# New CAT 297



## BOSS550 (Jan 19, 2007)

ANybody own one or get to run one yet?


----------



## Tractor Plower (Feb 1, 2007)

I havn't driven one yet, but had a good look at one at the Outdoor Farm Show. They are impressive machines! The asles guy was saying some are trading their D3 machines for the 297. It's got an awesome track unit that looks as though it has everything beat. Also, the track has been made much more maintainable by the owner, not just the dealership. (I thought that was quite the switch!)
I have to say the new C series is quite incredible! They've thought of everything.
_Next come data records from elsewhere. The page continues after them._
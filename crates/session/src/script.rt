//! Scripts of events, one a line.

ghost use Rattle.std.specs.Prelude.{◌≡◌, None, IfOk, IfSome, option_map};
ghost use Rattle.session_model.specs.Trace.{happening, Command, Keys, Open, Output};
ghost use Rattle.session.specs.Fields.{text_of, title_of};
ghost use Rattle.session.specs.Script.{event_in, event_of};
ghost use Rattle.session.specs.ReadBack.{ReadsTexts, ReadsEvents};

use crate::fields::{
    number_at, read_number, read_serial, read_text, read_title, read_window, serial_at,
};
use acl::UserId;
use line_fields::parts::user_at;
use line_fields::{EventKind, cut};
use session_model::Event;
use std::alloc::AllocError;

/// The event of a line; none if the line isn't understood. The event's text is put into `text`.
pub fn read_event<'a>(line: &[u8], text: &'a mut Vec<u8>) -> Result<Option<Event<'a>>, AllocError>
    ensures { IfOk result (λ event. option_map happening event ≡ event_of line.now) }
{
    let Some((word, rest)) = cut(line, b' ') else {
        return Ok(None);
    };
    let Some(kind) = EventKind::named(word) else {
        return Ok(None);
    };
    read_fields(kind, rest, text)
}

/// The event of a kind whose fields follow its word.
fn read_fields<'a>(
    kind: EventKind,
    rest: &[u8],
    text: &'a mut Vec<u8>,
) -> Result<Option<Event<'a>>, AllocError>
    ensures { IfOk result (λ event. option_map happening event ≡ event_in kind rest.now) }
{
    match kind {
        EventKind::Attach => Ok(read_attach(rest)),
        EventKind::Detach => Ok(read_detach(rest)),
        EventKind::Keys => read_keys(rest, text),
        EventKind::Command => read_command(rest, text),
        EventKind::Resize => Ok(read_resize(rest)),
        EventKind::Open => read_open(rest, text),
        EventKind::Output => read_output(rest, text),
        EventKind::Closed => Ok(read_closed(rest)),
        EventKind::Draw => Ok(read_draw(rest)),
    }
}

/// `USER ROWS COLS`
fn read_attach(rest: &[u8]) -> Option<Event<'static>>
    ensures { option_map happening result ≡ event_in EventKind.Attach rest.now }
{
    let (user, rest) = user_at(rest, b' ')?;
    let (rows, columns) = number_at(rest)?;
    Some(Event::Attach {
        user,
        rows,
        columns: read_number(columns)?,
    })
}

/// `C`
fn read_detach(rest: &[u8]) -> Option<Event<'static>>
    ensures { option_map happening result ≡ event_in EventKind.Detach rest.now }
{
    Some(Event::Detach {
        client: read_serial(rest)?,
    })
}

/// `C TEXT` or `W TEXT`
fn read_bytes<'a>(rest: &[u8], text: &'a mut Vec<u8>) -> Result<Option<(u32, &'a [u8])>, AllocError>
    ensures keys { IfOk result
        (λ read. option_map (λ p. Keys p.0 p.1.now) read ≡ event_in EventKind.Keys rest.now) }
    ensures output { IfOk result
        (λ read. option_map (λ p. Output p.0 p.1.now) read ≡ event_in EventKind.Output rest.now) }
{
    let Some((serial, escaped)) = serial_at(rest) else {
        return Ok(None);
    };
    let Some(bytes) = read_text(escaped, text)? else {
        return Ok(None);
    };
    Ok(Some((serial, bytes)))
}

/// `C TEXT`
fn read_keys<'a>(rest: &[u8], text: &'a mut Vec<u8>) -> Result<Option<Event<'a>>, AllocError>
    ensures { IfOk result (λ event. option_map happening event ≡ event_in EventKind.Keys rest.now) }
{
    let Some((client, bytes)) = read_bytes(rest, text)? else {
        return Ok(None);
    };
    Ok(Some(Event::Keys { client, bytes }))
}

/// The parts of `USER W TEXT`, the text escaped.
#[derive(Clone, Copy)]
struct Request<'a> {
    user: UserId,
    window: Option<u8>,
    line: &'a [u8],
}

impl<'a> Request<'a> {
    fn read(rest: &'a [u8]) -> Option<Request<'a>>
        ensures none { result ≡ None → event_in EventKind.Command rest.now ≡ None }
        ensures some { IfSome result (λ r. event_in EventKind.Command rest.now
            ≡ option_map (Command r.user r.window) (text_of r.line.now)) }
    {
        let (user, rest) = user_at(rest, b' ')?;
        let (window, line) = cut(rest, b' ')?;
        Some(Request {
            user,
            window: read_window(window)?,
            line,
        })
    }
}

/// `USER W TEXT`
fn read_command<'a>(rest: &[u8], text: &'a mut Vec<u8>) -> Result<Option<Event<'a>>, AllocError>
    ensures { IfOk result (λ event. option_map happening event ≡ event_in EventKind.Command rest.now) }
{
    let Some(request) = Request::read(rest) else {
        return Ok(None);
    };
    let Some(line) = read_text(request.line, text)? else {
        return Ok(None);
    };
    Ok(Some(Event::Command {
        user: request.user,
        window: request.window,
        line,
    }))
}

/// `C ROWS COLS`
fn read_resize(rest: &[u8]) -> Option<Event<'static>>
    ensures { option_map happening result ≡ event_in EventKind.Resize rest.now }
{
    let (client, rest) = serial_at(rest)?;
    let (rows, columns) = number_at(rest)?;
    Some(Event::Resize {
        client,
        rows,
        columns: read_number(columns)?,
    })
}

/// The parts of `USER ROWS COLS KEEP TEXT`, the text escaped.
#[derive(Clone, Copy)]
struct Opening<'a> {
    user: UserId,
    rows: u16,
    columns: u16,
    keep: u16,
    title: &'a [u8],
}

impl<'a> Opening<'a> {
    fn read(rest: &'a [u8]) -> Option<Opening<'a>>
        ensures none { result ≡ None → event_in EventKind.Open rest.now ≡ None }
        ensures some { IfSome result (λ o. event_in EventKind.Open rest.now
            ≡ option_map (Open o.user o.rows o.columns o.keep) (title_of o.title.now)) }
    {
        let (user, rest) = user_at(rest, b' ')?;
        let (rows, rest) = number_at(rest)?;
        let (columns, rest) = number_at(rest)?;
        let (keep, title) = number_at(rest)?;
        Some(Opening {
            user,
            rows,
            columns,
            keep,
            title,
        })
    }
}

/// `USER ROWS COLS KEEP TEXT`
fn read_open<'a>(rest: &[u8], text: &'a mut Vec<u8>) -> Result<Option<Event<'a>>, AllocError>
    ensures { IfOk result (λ event. option_map happening event ≡ event_in EventKind.Open rest.now) }
{
    let Some(opening) = Opening::read(rest) else {
        return Ok(None);
    };
    let Some(title) = read_title(opening.title, text)? else {
        return Ok(None);
    };
    Ok(Some(Event::Open {
        user: opening.user,
        rows: opening.rows,
        columns: opening.columns,
        keep: opening.keep,
        title,
    }))
}

/// `W TEXT`
fn read_output<'a>(rest: &[u8], text: &'a mut Vec<u8>) -> Result<Option<Event<'a>>, AllocError>
    ensures { IfOk result (λ event. option_map happening event ≡ event_in EventKind.Output rest.now) }
{
    let Some((window, bytes)) = read_bytes(rest, text)? else {
        return Ok(None);
    };
    Ok(Some(Event::Output { window, bytes }))
}

/// `W`
fn read_closed(rest: &[u8]) -> Option<Event<'static>>
    ensures { option_map happening result ≡ event_in EventKind.Closed rest.now }
{
    Some(Event::Closed {
        window: read_serial(rest)?,
    })
}

/// `C`
fn read_draw(rest: &[u8]) -> Option<Event<'static>>
    ensures { option_map happening result ≡ event_in EventKind.Draw rest.now }
{
    Some(Event::Draw {
        client: read_serial(rest)?,
    })
}

/// Laws of what is printed: a text is read as the same bytes, and an event's line as that event.
pub fn reads_printed()
    ensures texts { ReadsTexts }
    ensures events { ReadsEvents }
{}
The cab has everyone beat, too!
-Miketymusic


----------



## BOSS550 (Jan 19, 2007)

I've spent a good bit of time in a 2004 Cat 277 with a tree shear mounted on it. The thing is incredible with what you can cut and lift. I have heard of folks that are using the 277 287 297 as dozers but no first hand accounts on anything on a 297. I know the specs only mean so much-- dirty work tells the real story quickly.


----------



## nickv13412 (Nov 9, 2006)

i ran a 277 and a 287 at the local CAT dealers demo, and the things were beasts. Comfortable, powerful, and unbelievably smooth while driving both with and without a load


----------